On my never-ending quest to eat my way through Europe, I always think, a stop in Paris couldn't hurt. And with Letizia last week, we did just that: eat. And then we ate some more. We didn't limit ourselves just to French cuisine (in fact, for living in France, Mademoiselle Letizia nouveau Parisian isn't really one for French food), so we expanded our horizons once or twice, to Algerian and to Japanese. It's a thrill to leave Italy and eat butter, for one, but also various international flavors that the boot considers uncouth.
My first night, we went out to Belleville for Algerian with several of Leti's visiting Italian friends at a place called Les Quatres Frères. We ate cous cous, exotic soup, and every shish-kabob-able meat you can think of, including liver and heart (yes, I tried them, and yes, they taste like chicken). Another night we went to a new and super popular noodle restaurant in Paris' Japantown, where you could watch the cooks in the kitchen throw all discarded food to the floor, which was a sort of giant grate into which they hose all the leftovers.
Mon dieu! But let us not digress from our real goal: cuisine française. For a well-balanced French breakfast, every morning we went out for pastries, particularly enjoying pain au chocolat (no-brainer) and the apple turnovers from the historic establishment Stohrer. Check out the glaze, and allow your imagination to wander through the various layers of delicate pastry even deeper to the gooey, sweet apples inside. It was an eyeballs-rolling-into-the-back-of-my-head kind of experience.
One misty afternoon near Notre Dame we picked up chocolate crepes Sur le Pouce, or "on the run."
The rest of our meals mostly consisted of pâté, deliciously fatty, tender meat, potatoes glazed to perfection, a variety of cheeses (my favorite being chevre, soft, fresh goat's cheese), glasses of Bordeaux, and the occasional dessert (if it's included in the meal, how can one resist?). Among my favorite local delicacies were duck confit, escargot, and creme brulée. Those French know how to glaze, flambé, and most certainly how to sauce it up.
We sneaked into a cute little place on the bustling, gastronomic Rue Cler, appropriately named Le Petit Cler, for an afternoon snack of escargot; granted, not one's typical afternoon snack, but the kind I would inevitably select over celery sticks any day of the week.
While visiting Letizia, I finally got to meet her good friend Cecilia whom I always hear so much about, and who is also an au pair to a French family in Paris.
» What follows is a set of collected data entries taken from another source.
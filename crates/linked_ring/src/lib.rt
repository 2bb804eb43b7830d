// The link-following reader of a command or transfer ring (xHCI 4.9.2, 4.9.2.1, 4.11.5.1): a place in guest memory and a cycle state.
//
// The rule. A TRB is fresh if its cycle bit equals the state. A fresh Link is followed: the place becomes its pointer, and the
// state flips if its toggle is set. 256 links are followed; what then stands there ends the chase, and if it is one more fresh
// Link the answer says so.
#![tactic(auto)]

ghost use Rattle.std.specs.Prelude.{◌≡◌, ◌-◌, ◌<◌};
ghost use Rattle.linked_ring.specs.Chase.{ring_at, advanced, followed, unnoted, noted, fresh_of, chase_from, chase};

use guest::Window;
use guest::refusal::Refusal;
use trb::RawTrbBuffer;
use trb::link::LinkTrb;

#[derive(Clone, Copy)]
pub struct LinkedRing {
    pub place: u64,
    pub cycle: bool,
}

// Links followed; whether any of them had pointer bits cleared; whether any had the completion bit.
#[derive(Clone, Copy)]
pub struct Notes {
    pub links: u16,
    pub cleared: bool,
    pub completion: bool,
}

// A TRB, and where it stands.
#[derive(Clone, Copy)]
pub struct RawTrb {
    pub address: u64,
    pub buffer: RawTrbBuffer,
}

#[derive(Clone, Copy)]
pub enum Found {
    Trb(RawTrb),
    NothingNew,
    TooManyLinks,
}

// What was found, the ring as moved, and the notes.
#[derive(Clone, Copy)]
pub struct Chase {
    pub found: Found,
    pub ring: LinkedRing,
    pub notes: Notes,
}

impl Notes {
    fn none() -> Self
        ensures { result ≡ unnoted }
    {
        Notes {
            links: 0,
            cleared: false,
            completion: false,
        }
    }

    fn with(self, link: LinkTrb) -> Self
        requires { self.links < 256 }
        ensures { result ≡ noted self link }
    {
        Notes {
            links: self.links + 1,
            cleared: self.cleared | link.pointer_bits_cleared,
            completion: self.completion | link.interrupt_on_completion,
        }
    }
}

impl LinkedRing {
    pub const TRB_SIZE: u64 = 16;

    pub const MOST_LINKS: u16 = 256;

    pub fn new(place: u64, cycle: bool) -> Self
        ensures { result ≡ ring_at place cycle }
    {
        LinkedRing { place, cycle }
    }

    // One TRB further, modulo 2^64.
    pub fn advance(self) -> Self
        ensures { result ≡ advanced self }
    {
        LinkedRing {
            place: self.place.wrapping_add(LinkedRing::TRB_SIZE),
            ..self
        }
    }

    // Promised beside `new`, with the same contract: there a ring begins, here one moves. Both take the parts that a ring is made of.
    pub fn set_place(self, place: u64, cycle: bool) -> Self
        ensures { result ≡ ring_at place cycle }
    {
        LinkedRing::new(place, cycle)
    }

    // The ring as a Link moves it.
    fn follow(self, link: LinkTrb) -> Self
        ensures { result ≡ followed self link }
    {
        LinkedRing {
            place: link.ring_segment_pointer,
            cycle: self.cycle != link.toggle_cycle,
        }
    }

    fn fresh(self, trb: RawTrbBuffer) -> bool
        ensures { result ≡ fresh_of self.cycle trb }
    {
        trb::cycle_bit(trb) == self.cycle
    }

    // The chase from here on, of a ring that has come here over so many links.
    fn go_on(self, mem: &Window<'_>, noted: Notes) -> Result<Chase, Refusal>
        ensures { result ≡ chase_from mem.now (256 - noted.links) self noted }
    {
        let mut ring = self;
        let mut notes = noted;
        // No `for`: the notes count the links, and after the last that is followed there is one look more.
        let found = loop {
            let buffer = mem.read_trb(ring.place)?;
            if !ring.fresh(buffer) {
                break Found::NothingNew;
            }
            let Some(link) = LinkTrb::parse(buffer) else {
                break Found::Trb(RawTrb {
                    address: ring.place,
                    buffer,
                });
            };
            if LinkedRing::MOST_LINKS <= notes.links {
                break Found::TooManyLinks;
            }
            ring = ring.follow(link);
            notes = notes.with(link);
        };
        Ok(Chase { found, ring, notes })
    }

    // The next TRB that is fresh and no Link, with the Links on the way followed. A refusal hands out no ring, so the caller's is the
    // one that entered.
    #[tactic(auto, unfolding(crate::specs::Chase::chase))]
    pub fn next_trb(self, mem: &Window<'_>) -> Result<Chase, Refusal>
        ensures { result ≡ chase mem.now self }
    {
        self.go_on(mem, Notes::none())
    }
}

// The same two on a ring that is lent to be changed in place, which document 01 asks for beside them.

pub fn advance_in_place(ring: &mut LinkedRing)
    ensures { ring.new ≡ advanced ring.old }
{
    *ring = ring.advance();
}

pub fn set_place_in_place(ring: &mut LinkedRing, place: u64, cycle: bool)
    ensures { ring.new ≡ ring_at place cycle }
{
    *ring = ring.set_place(place, cycle);
}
We went to Butte aux Cailles to eat at a cute local place called Le Temps de Cerises, and among other things, I enjoyed a delicious salad with apple and chevre.
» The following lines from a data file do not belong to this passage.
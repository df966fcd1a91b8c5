//! How expressions and the specifiers of types are read from tokens (C11 6.5, 6.7.2), as definitions, and that a list of
//! tokens spells one of them at most.
//!
//! The trees are those of `c_tree`, which says of each tree which tokens it wants. The readers stand by the first token at
//! each place, made of the combinators of `c_reader`. That they read the grammar, all of it and nothing else, is proved of
//! them at every level of nesting; from that follow the laws here. The code of the readers of one token, and of the words
//! of a type, stands here too; what is made of these stands in the crates above.
//!
//! # Guarantees
//!
//! | call | guarantee | clause | definitions to read, in order |
//! |---|---|---|---|
//! | [`one_expression`], [`one_type`] | a list of tokens spells one expression, and one type, at most | `src/laws.rt` | those of `c_tree` |
//! | [`expressions_nest_alike`] | expressions that begin with the same tokens nest these alike | `src/laws.rt` | `specs/Spelled.antt`, `Firsts.antt` of `c_reader` |
//! | [`starts_expr`], [`starts_type`], [`sees_expr`], [`sees_type`], [`is_suffix`], [`sees_operator`], [`sees_prefix`], [`sees_type_word`] | what begins with a token | `src/tables.rt`, `src/tokens.rt` | `specs/Tokens.antt` |
//! | [`literal_at`], [`operator_at`], [`prefix_at`], [`no_expr`], [`no_specs`] | a token is taken as its reader says | `src/tokens.rt` | `specs/Tokens.antt`, `specs/Levels.antt` |
//! | [`type_words`] | the words that spell a type are taken as long as they agree | `src/spelling.rt` | `specs/Types.antt` |
//!
//! Crates above can import `all_read` of `proofs/Levels.antt`: the readers of each level are readers of its trees.
#![tactic(auto)]

mod counts;
mod laws;
mod spelling;
mod tables;
mod tokens;

pub use laws::{expressions_nest_alike, one_expression, one_type};
pub use spelling::type_words;
pub use tables::{BINARY_LEVELS, is_suffix, starts_expr, starts_type};
pub use tokens::{
    literal_at, no_expr, no_specs, operator_at, prefix_at, sees_expr, sees_operator, sees_prefix,
    sees_type, sees_type_word,
};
We had a hard time finding sub-standard food (not that we were trying), and even at a central cafe on the popular Rue Montorgueil, Letizia had a flavorful salad with duck and potatoes, and I had the plat du jour, a tender rabbit leg with potatoes au gratin (certainly the best au gratin I've ever had). If y'all hadn't been sure that I'm a meat and potatoes kind of girl before, I think this post has made it an indisputable fact.
But still somehow, in Paris, it's like my 25-year sweet tooth starts to grow in, breaks right through the gums, and I can't get enough pastries, creamy desserts, and delicate cookies. Letizia exposed me to Pierre Hermé, a swanky macaroon joint that produces dazzling spins on traditional flavors. We selected several (I wanted to bring some to Shawn in Madrid) and my first has to also have been my favorite: chocolate with passion fruit. Each chew provided a new intensity mixed with a new burst of flavor. How they manage all that in one tiny cookie is beyond me, but I guess it's how they can charge €2.50 a pop.
As I kept saying in my most terrible attempt at a Julia Child impression the whole trip, Bon Appetìt!